Try it -> In the data below, the answer is the run of lines from the line containing "is counted under." through the line containing "pub fn trimmed_sums()", both included; print it exactly and nothing else.

Source records ->
//! What holds of all sums of outcomes. Each function's contract is the law, and its body is empty.

ghost use Rattle.std.specs.Prelude.{◌≡◌, ◌↔◌, ℕ, true, List, Contains, ◌++◌};
ghost use Rattle.ga_base.specs.Layers.{day_key};
ghost use Rattle.ga_summary.specs.LastDays.{trimmed};
ghost use Rattle.ga_summary.specs.Outcomes.{Hit, Outcome, has_key, hits_of, totals_of};
ghost use Rattle.ga_summary.specs.SummaryParts.{IsFirstBad};
ghost use Rattle.ga_summary.specs.Dated.{AllDated};
ghost use Rattle.ga_summary.specs.SummaryRows.{IsInOrder, SummaryValue};
ghost use Rattle.ga_summary.specs.Sound.{AllCountable, HasRow, IsSound, IsSummary};
ghost use Rattle.ga_base.specs.Totals.{TotalsFit};
ghost use Rattle.ga_summary.specs.Sums.{IsSumOf, IsMerged};

/// The sums of two lists of outcomes, merged, are the sum of one list after the other.
pub fn merged_sums()
    ensures { (xs ys : List Outcome) (a b s : SummaryValue) → IsSumOf xs a → IsSumOf ys b → IsMerged a b s → IsSumOf (xs ++ ys) s }
{}

/// A list of outcomes has one sum.
pub fn one_sum()
    ensures { (xs : List Outcome) (a b : SummaryValue) → IsSumOf xs a → IsSumOf xs b → a ≡ b }
{}

/// Two summaries come to one when they are merged.
pub fn one_merged()
    ensures { (a b s t : SummaryValue) → IsMerged a b s → IsMerged a b t → s ≡ t }
{}

/// A list of outcomes has a sum, where each visitor is of the day of the keys that it is counted under.
pub fn some_sum()
    ensures { (xs : List Outcome) → AllDated xs → (s : SummaryValue) × IsSumOf xs s }
{}

/// Only such a list has one: the visitors of outcomes that have a sum are of the day of their keys.
pub fn only_dated_sums()
    ensures { (xs : List Outcome) (s : SummaryValue) → IsSumOf xs s → AllDated xs }
{}

/// Two summaries that are in order can be merged.
pub fn some_merged()
    ensures { (a b : SummaryValue) → IsInOrder a.rows → IsInOrder b.rows → (s : SummaryValue) × IsMerged a b s }
{}

/// A value is a summary, or it breaks first at one place.
pub fn one_first_bad()
    ensures one { (s : SummaryValue) (a b : ℕ) → IsFirstBad s a → IsFirstBad s b → a ≡ b }
    ensures apart { (s : SummaryValue) (at : ℕ) → IsSummary s → ¬ IsFirstBad s at }
{}

/// Where each counted outcome may be counted and the totals fit, the sum is sound.
pub fn sound_sums()
    ensures { (xs : List Outcome) (s : SummaryValue) → AllCountable xs → TotalsFit (totals_of xs) → IsSumOf xs s → IsSound s }
{}

/// Of two summaries together the last days are the same where the first was left with its last days before.
pub fn trimmed_merge()
    ensures { (n : ℕ) (a b both fewer : SummaryValue) → IsSummary a → IsSummary b → IsMerged a b both
        → IsMerged (trimmed n a) b fewer → trimmed n fewer ≡ trimmed n both }
{}

/// The last days of a summary are a summary, with its totals, and their last days are they.
pub fn trimmed_sums()
    ensures sound { (n : ℕ) (s : SummaryValue) → IsSummary s → IsSummary (trimmed n s) }
    ensures twice { (n : ℕ) (s : SummaryValue) → IsSummary s → trimmed n (trimmed n s) ≡ trimmed n s }
    ensures totals { (n : ℕ) (s : SummaryValue) → (trimmed n s).totals ≡ s.totals }
{}

/// The days of a sum are those of the lines that are counted.
pub fn counted_days()
    ensures { (xs : List Outcome) (s : SummaryValue) → IsSumOf xs s → (date : ℕ)
        → HasRow s.rows (day_key date) ↔ ((hit : Hit) × Contains (hits_of xs) hit × (has_key (day_key date) hit ≡ true)) }
{}
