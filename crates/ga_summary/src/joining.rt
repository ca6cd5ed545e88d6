ghost use Rattle.std.specs.Prelude.{◌≡◌, ◌+◌, ◌≤◌, [], IfOk, vec_len, vec_capacity};
ghost use Rattle.ga_base.specs.Orders.{key_cmp};
ghost use Rattle.ga_summary.specs.Steps.Entries.{AllClosed, IsClosed, row_of, rows_of};
ghost use Rattle.ga_summary.specs.Steps.Joined.{joined, put_rows};
ghost use Rattle.ga_summary.specs.Steps.Places.{Rises};
ghost use Rattle.ga_summary.specs.Steps.Room.{AllCanGrow, CanGrow};

use crate::entry::Entry;
use crate::one_pass::push_within;
use crate::order::compare_keys;
use ga_base::NoMemory;
use std::cmp::Ordering;

/// The entries of two lists that rise, in one pass, moved into `out`, which has room for all. Entries of one key are joined, and
/// room for names is made at one key after the other.
pub(crate) fn join_entries(
    left: Vec<Box<Entry>>,
    right: Vec<Box<Entry>>,
    mut out: Vec<Box<Entry>>,
) -> Result<Vec<Box<Entry>>, NoMemory>
    requires rising_left { Rises key_cmp (λ row. row.key) (rows_of left.items) }
    requires rising_right { Rises key_cmp (λ row. row.key) (rows_of right.items) }
    requires none { out.items ≡ [] }
    requires room { vec_len left + vec_len right ≤ vec_capacity out }
    requires grows_left { AllCanGrow left.items }
    requires grows_right { AllCanGrow right.items }
    ensures closed { IfOk result (λ all. AllClosed all.items) }
    ensures rows { IfOk result (λ all. rows_of all.items ≡ put_rows (rows_of right.items) (rows_of left.items)) }
{
    let mut left = left.into_iter();
    let mut right = right.into_iter();
    let mut next_left = left.next();
    let mut next_right = right.next();
    'entries: loop {
        match (next_left, next_right) {
            (Some(a), Some(b)) => match compare_keys(&a.key, &b.key) {
                Ordering::Less => {
                    push_within(&mut out, a);
                    next_left = left.next();
                    next_right = Some(b);
                }
                Ordering::Equal => {
                    let both = joined_box(a, b)?;
                    push_within(&mut out, both);
                    next_left = left.next();
                    next_right = right.next();
                }
                Ordering::Greater => {
                    push_within(&mut out, b);
                    next_left = Some(a);
                    next_right = right.next();
                }
            },
            (Some(a), None) => {
                push_within(&mut out, a);
                next_left = left.next();
                next_right = None;
            }
            (None, Some(b)) => {
                push_within(&mut out, b);
                next_left = None;
                next_right = right.next();
            }
            (None, None) => return Ok(out),
        }
    }
}

/// An entry with what another of its key has.
fn joined_box(boxed: Box<Entry>, more: Box<Entry>) -> Result<Box<Entry>, NoMemory>
    requires grows { CanGrow boxed.value }
    requires grows_more { CanGrow more.value }
    ensures row { IfOk result (λ b. row_of b.value ≡ joined (row_of boxed.value) (row_of more.value)) }
    ensures closed { IfOk result (λ b. IsClosed b.value) }
{
    let entry = Box::into_inner(boxed);
    let alloc = *entry.work.allocator();
    Ok(Box::new(alloc, entry.join(Box::into_inner(more))?)?)
}
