//! Logs that are known again, whole runs, and lists of runs.

ghost use Rattle.std.specs.Prelude.{◌≤◌, IsTrue};
ghost use Rattle.ga_resume.specs.Segment.{IsSegment};
ghost use Rattle.ga_run.specs.History.{IsBlank};

use ga_base::{Bytes, Counter, Entries, Entry, FormatFault, NoMemory, Text, Texts};
use ga_ports::{Disk, Files, Gate, MemDisk, MemFiles, MemOuts, Outs, To};
use ga_resume::{PlaceFault, Segment, advance, place};
use ga_run::{Input, Status, StatusList, Step, Which, World, goaccess_run, run_all, run_step};
use ga_words::WordFault;
use std::alloc::Global;
use std::thread::Threads;

/// Each status, with each format, each input and each target.
pub const STATUSES: [Status; 16] = [
    Status::Done,
    Status::BadWords(WordFault::NoInput),
    Status::BadFormat {
        which: Which::Log,
        fault: FormatFault::NoMemory,
    },
    Status::BadFormat {
        which: Which::Date,
        fault: FormatFault::NoMemory,
    },
    Status::BadFormat {
        which: Which::Time,
        fault: FormatFault::NoMemory,
    },
    Status::BadRules { line: 1 },
    Status::FileFault { file: Input::Rules },
    Status::FileShort {
        file: Input::Log(0),
        at: 0,
    },
    Status::DiskFault,
    Status::DbDamaged { side: 0, at: 1 },
    Status::KeepDiffers {
        stored: 2,
        given: 3,
    },
    Status::OutFault {
        to: To::Stdout,
        at: 0,
    },
    Status::OutFault {
        to: To::Stderr,
        at: 0,
    },
    Status::OutFault {
        to: To::File,
        at: 0,
    },
    Status::CounterFull {
        which: Counter::Lines,
        total: 0,
    },
    Status::NoMemory,
];

/// The exit status of one.
pub fn code(status: &Status) -> u8 {
    status.code()
}

/// Why a log has no place.
pub const PLACE_FAULTS: [PlaceFault; 3] = [
    PlaceFault::FileFault,
    PlaceFault::FileShort { at: 0 },
    PlaceFault::NoMemory,
];

/// Which part of a log isn't counted yet.
pub fn segment_of<F: Files>(
    alloc: Global,
    files: &mut F,
    entries: &Entries,
) -> Result<Segment, PlaceFault>
    requires { IsTrue (F.view files.old).is_open }
{
    place(alloc, files, entries)
}

/// The place of the entry of a segment, of which each field is named.
pub fn place_of(segment: &Segment) -> Option<u64> {
    let Segment {
        from: _,
        end: _,
        entry,
        front: _,
    } = segment;
    *entry
}

/// How far a log was counted that has this entry, of which each field is named.
pub fn offset_of(entry: &Entry) -> u64 {
    let Entry {
        lead: _,
        digest: _,
        offset,
        ..
    } = entry;
    *offset
}

/// Moves the entries on.
pub fn move_on(
    alloc: Global,
    entries: &mut Entries,
    segment: &Segment,
    offset: u64,
) -> Result<(), NoMemory>
    requires placed { IsSegment entries.old segment.now }
    requires from { segment.now.from ≤ offset }
    requires end { offset ≤ segment.now.end }
{
    advance(alloc, entries, segment, offset)
}

/// One run.
pub fn run<R: Threads + Sync, F: Files, D: Disk, O: Outs, G: Gate>(
    rt: &R,
    alloc: Global,
    words: &[Text],
    files: &mut F,
    disk: &mut D,
    outs: &mut O,
    gate: &G,
) -> Status {
    goaccess_run(rt, alloc, words, files, disk, outs, gate)
}

/// A log that grows.
pub fn grows(name: Text, bytes: Bytes) -> Step {
    Step::Grow { name, bytes }
}

/// A log with another name.
pub fn renamed(from: Text, to: Text) -> Step {
    Step::Rename { from, to }
}

/// A run as a step.
pub fn runs(words: Texts) -> Step {
    Step::Run { words }
}

/// A run that ends in a crash.
pub fn crashes(words: Texts, calls: u64, pick: Bytes) -> Step {
    Step::Crash { words, calls, pick }
}

/// The world of forms in memory.
pub fn world(files: MemFiles, disk: MemDisk, outs: MemOuts) -> World {
    World { files, disk, outs }
}

/// A world in which nothing is.
pub fn new_world(alloc: Global) -> World {
    World::new(alloc)
}

/// One step.
pub fn step<R: Threads + Sync>(
    rt: &R,
    alloc: Global,
    step: &Step,
    world: &mut World,
) -> Result<Option<Status>, NoMemory> {
    run_step(rt, alloc, step, world)
}

/// Steps from a world in which nothing is.
pub fn steps<R: Threads + Sync>(
    rt: &R,
    alloc: Global,
    steps: &[Step],
    world: &mut World,
) -> Result<StatusList, NoMemory>
    requires blank { IsBlank world.old }
{
    run_all(rt, alloc, steps, world)
}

Finished task ->
/// A list of outcomes has a sum, where each visitor is of the day of the keys that it is counted under.
pub fn some_sum()
    ensures { (xs : List Outcome) → AllDated xs → (s : SummaryValue) × IsSumOf xs s }
{}

/// Only such a list has one: the visitors of outcomes that have a sum are of the day of their keys.
pub fn only_dated_sums()
    ensures { (xs : List Outcome) (s : SummaryValue) → IsSumOf xs s → AllDated xs }
{}

/// Two summaries that are in order can be merged.
pub fn some_merged()
    ensures { (a b : SummaryValue) → IsInOrder a.rows → IsInOrder b.rows → (s : SummaryValue) × IsMerged a b s }
{}

/// A value is a summary, or it breaks first at one place.
pub fn one_first_bad()
    ensures one { (s : SummaryValue) (a b : ℕ) → IsFirstBad s a → IsFirstBad s b → a ≡ b }
    ensures apart { (s : SummaryValue) (at : ℕ) → IsSummary s → ¬ IsFirstBad s at }
{}

/// Where each counted outcome may be counted and the totals fit, the sum is sound.
pub fn sound_sums()
    ensures { (xs : List Outcome) (s : SummaryValue) → AllCountable xs → TotalsFit (totals_of xs) → IsSumOf xs s → IsSound s }
{}

/// Of two summaries together the last days are the same where the first was left with its last days before.
pub fn trimmed_merge()
    ensures { (n : ℕ) (a b both fewer : SummaryValue) → IsSummary a → IsSummary b → IsMerged a b both
        → IsMerged (trimmed n a) b fewer → trimmed n fewer ≡ trimmed n both }
{}

/// The last days of a summary are a summary, with its totals, and their last days are they.
pub fn trimmed_sums()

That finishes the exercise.